I have 25 single cell RNAseq 10X samples processed with CellRanger. Three of these samples appear to be contaminated with high levels of low gene cells which are probably "soup" or loose mRNA. I want to filter out these low quality cells, but I don't want to also remove low expressing cells that I am interested in by raising the nFeature threshold too high.
Another bioinformatician in my lab suggested that I use the CellRanger filtered_feature_bc_matrix for these contaminated samples, rather than the raw_feature_bc_matrix. Is it advisable to use filtered_feature_bc_matrix for some of the samples and raw_feature_bc_matrix for the rest? Or should I use entirely one or the other?
I cannot really speak based on the Cellranger vocabulary since I use a different preprocessing pipeline, but I personnally filter based on four categories using the count matrix that the preprocessing pipeline sees as the "filtered cells" so the one where unreliable barcodes have already been removed.
1) Total number of detected genes (detected = counts > 0 per cell)

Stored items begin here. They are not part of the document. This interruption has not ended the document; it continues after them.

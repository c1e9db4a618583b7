//! Which targets are computed in one pass over the lists: those whose shares have one of a few
//! patterns.
ghost use Rattle.std.specs.Prelude.{◌≡◌, ◌≤◌, true, false, None, Some, length};
ghost use Rattle.syndromes.specs.Syndromes.{HaveBytes, HasSums, HasRoom};
ghost use Rattle.one_pass.specs.Weights.{UsesOnly, unit};
ghost use Rattle.one_pass.specs.Patterns.{group, ArePair, AreTriple, AreTwoPairs, AreGlobals};
ghost use Rattle.one_pass.specs.Patterns.{ArePlainAndWeighed, AreGroups};

use crate::formulas::less;
use kernels::LANES;
use one_pass::{
    combine_globals, combine_pair, combine_plain_and_weighed, combine_single, combine_triple,
    combine_two_of_each, combine_two_pairs,
};

/// The shares of a target that is the syndrome of the first group, or of the second.
fn group_shares(is_second: bool) -> [u8; 4]
    ensures { result ≡ unit (group is_second) }
{
    if is_second {
        [0, 1, 0, 0]
    } else {
        [1, 0, 0, 0]
    }
}

/// Whether the shares take none but these syndromes.
fn takes_only(shares: &[u8; 4], second: bool, fourth: bool) -> bool
    ensures { result ≡ true → UsesOnly shares.now second true fourth }
{
    (second || shares[1] == 0) && (fourth || shares[3] == 0)
}

/// Whether the second target is the sum of a group's syndrome and the first target.
fn are_pair(one: &[u8; 4], two: &[u8; 4], is_second: bool) -> bool
    ensures { result ≡ true → ArePair one.now two.now is_second }
{
    takes_only(one, is_second, false) && *two == less(group_shares(is_second), Some(*one))
}

/// Whether the third target is the sum of a group's syndrome and the first two targets.
fn are_triple(one: &[u8; 4], two: &[u8; 4], three: &[u8; 4], is_second: bool) -> bool
    ensures { result ≡ true → AreTriple one.now two.now three.now is_second }
{
    takes_only(one, is_second, true)
        && takes_only(two, is_second, true)
        && *three == less(less(group_shares(is_second), Some(*two)), Some(*one))
}

/// Whether the second target is the sum of the first syndrome and the first target, and the fourth
/// that of the second syndrome and the third target.
fn are_two_pairs(one: &[u8; 4], two: &[u8; 4], three: &[u8; 4], four: &[u8; 4]) -> bool
    ensures { result ≡ true → AreTwoPairs one.now two.now three.now four.now }
{
    *two == less(group_shares(false), Some(*one)) && *four == less(group_shares(true), Some(*three))
}

/// Whether the targets are the third and the fourth syndrome.
fn are_globals(one: &[u8; 4], two: &[u8; 4]) -> bool
    ensures { result ≡ true → AreGlobals one.now two.now }
{
    *one == [0, 0, 1, 0] && *two == [0, 0, 0, 1]
}

/// Whether the first target is a group's syndrome, and the second does not take that of the other
/// group, and the fourth only if it may.
fn are_plain_and_weighed(one: &[u8; 4], two: &[u8; 4], is_second: bool, fourth: bool) -> bool
    ensures { result ≡ true → ArePlainAndWeighed one.now two.now is_second fourth }
{
    *one == group_shares(is_second) && takes_only(two, is_second, fourth)
}

/// Whether the targets are the syndromes of the two groups.
fn are_groups(one: &[u8; 4], two: &[u8; 4]) -> bool
    ensures { result ≡ true → AreGroups one.now two.now }
{
    *one == group_shares(false) && *two == group_shares(true)
}

/// Computes two targets in one pass if their shares allow it. Returns false, and changes nothing,
/// if they do not.
fn dispatch_two(
    lists: &[Option<&[u8]>; 16],
    width: usize,
    one: &[u8; 4],
    two: &[u8; 4],
    first: &mut [u8],
    second: &mut [u8],
) -> bool
    requires long { HaveBytes lists.now width }
    requires wide { LANES ≤ width }
    requires first_room { width ≤ length first.old }
    requires second_room { width ≤ length second.old }
    ensures first { result ≡ true → HasSums lists.now (Some one.now) width first.new }
    ensures second { result ≡ true → HasSums lists.now (Some two.now) width second.new }
    ensures refused { result ≡ false → (first.new ≡ first.old) × (second.new ≡ second.old) }
{
    if are_pair(one, two, false) {
        combine_pair::<false>(lists, width, one, two, first, second);
    } else if are_pair(one, two, true) {
        combine_pair::<true>(lists, width, one, two, first, second);
    } else if are_globals(one, two) {
        combine_globals(lists, width, one, two, first, second);
    } else if are_plain_and_weighed(one, two, false, false) {
        combine_plain_and_weighed::<false, false>(lists, width, one, two, first, second);
    } else if are_plain_and_weighed(one, two, true, false) {
        combine_plain_and_weighed::<true, false>(lists, width, one, two, first, second);
    } else if are_plain_and_weighed(one, two, false, true) {
        combine_plain_and_weighed::<false, true>(lists, width, one, two, first, second);
    } else if are_plain_and_weighed(one, two, true, true) {
        combine_plain_and_weighed::<true, true>(lists, width, one, two, first, second);
    } else {
        return false;
    }
    true
}

/// As `dispatch_two` for three targets.
fn dispatch_three(
    lists: &[Option<&[u8]>; 16],
    width: usize,
    one: &[u8; 4],
    two: &[u8; 4],
    three: &[u8; 4],
    first: &mut [u8],
    second: &mut [u8],
    third: &mut [u8],
) -> bool
    requires long { HaveBytes lists.now width }
    requires wide { LANES ≤ width }
    requires first_room { width ≤ length first.old }
    requires second_room { width ≤ length second.old }
    requires third_room { width ≤ length third.old }
    ensures first { result ≡ true → HasSums lists.now (Some one.now) width first.new }
    ensures second { result ≡ true → HasSums lists.now (Some two.now) width second.new }
    ensures third { result ≡ true → HasSums lists.now (Some three.now) width third.new }
    ensures refused { result ≡ false → (first.new ≡ first.old) × (second.new ≡ second.old)
        × (third.new ≡ third.old) }
{
    if are_triple(one, two, three, false) {
        combine_triple::<false>(lists, width, one, two, three, first, second, third);
    } else if are_triple(one, two, three, true) {
        combine_triple::<true>(lists, width, one, two, three, first, second, third);
    } else {
        return false;
    }
    true
}

/// As `dispatch_two` for four targets.
fn dispatch_four(
    lists: &[Option<&[u8]>; 16],
    width: usize,
    one: &[u8; 4],
    two: &[u8; 4],
    three: &[u8; 4],
    four: &[u8; 4],
    first: &mut [u8],
    second: &mut [u8],
    third: &mut [u8],
    fourth: &mut [u8],
) -> bool
    requires long { HaveBytes lists.now width }
    requires wide { LANES ≤ width }
    requires first_room { width ≤ length first.old }
    requires second_room { width ≤ length second.old }
    requires third_room { width ≤ length third.old }
    requires fourth_room { width ≤ length fourth.old }
    ensures first { result ≡ true → HasSums lists.now (Some one.now) width first.new }
    ensures second { result ≡ true → HasSums lists.now (Some two.now) width second.new }
    ensures third { result ≡ true → HasSums lists.now (Some three.now) width third.new }
    ensures fourth { result ≡ true → HasSums lists.now (Some four.now) width fourth.new }
    ensures refused { result ≡ false → (first.new ≡ first.old) × (second.new ≡ second.old)
        × (third.new ≡ third.old) × (fourth.new ≡ fourth.old) }
{
    if are_two_pairs(one, two, three, four) {
        combine_two_pairs(
            lists, width, one, two, three, four, first, second, third, fourth,
        );
    } else if are_groups(one, two) {
        combine_two_of_each(
            lists, width, one, two, three, four, first, second, third, fourth,
        );
    } else {
        return false;
    }
    true
}

/// As `dispatch_two` for all targets for which shares are given.
pub(crate) fn combine_in_one_pass(
    lists: &[Option<&[u8]>; 16],
    width: usize,
    a: Option<[u8; 4]>,
    b: Option<[u8; 4]>,
    c: Option<[u8; 4]>,
    d: Option<[u8; 4]>,
    first: &mut [u8],
    second: &mut [u8],
    third: &mut [u8],
    fourth: &mut [u8],
) -> bool
    requires long { HaveBytes lists.now width }
    requires wide { LANES ≤ width }
    requires first_room { HasRoom a width first.old }
    requires second_room { HasRoom b width second.old }
    requires third_room { HasRoom c width third.old }
    requires fourth_room { HasRoom d width fourth.old }
    ensures first { result ≡ true → HasSums lists.now a width first.new }
    ensures second { result ≡ true → HasSums lists.now b width second.new }
    ensures third { result ≡ true → HasSums lists.now c width third.new }
    ensures fourth { result ≡ true → HasSums lists.now d width fourth.new }
    ensures first_unchanged { a ≡ None → first.new ≡ first.old }
    ensures second_unchanged { b ≡ None → second.new ≡ second.old }
    ensures third_unchanged { c ≡ None → third.new ≡ third.old }
    ensures fourth_unchanged { d ≡ None → fourth.new ≡ fourth.old }
    ensures refused { result ≡ false → (first.new ≡ first.old) × (second.new ≡ second.old)
        × (third.new ≡ third.old) × (fourth.new ≡ fourth.old) }
{
    match (&a, &b, &c, &d) {
        (Some(one), None, None, None) => {
            combine_single(lists, width, one, first);
            true
        }
        (Some(one), Some(two), None, None) => dispatch_two(lists, width, one, two, first, second),
        (Some(one), Some(two), Some(three), None) => {
            dispatch_three(lists, width, one, two, three, first, second, third)
        }
        (Some(one), Some(two), Some(three), Some(four)) => dispatch_four(
            lists, width, one, two, three, four, first, second, third, fourth,
        ),
        _ => false,
    }
}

2) Total UMI counts per cell
3) % reads pmapping to mt genes
4) % genes mapping to rRNA genes
If you plot each of these categories as a violin for all cells you will be able to define by-eye cutoffs (or automated using 2-3xMAD) that separate outlier cells per category which you can then flag. Removing cells which fails any of these categories is usually sufficient to get rid of crappy cells without being overly stringent in any individual category. The combination of filters compensates for being very strict in each category. If you have low numbers of detected genes this usually comes along with low(er) UMI counts.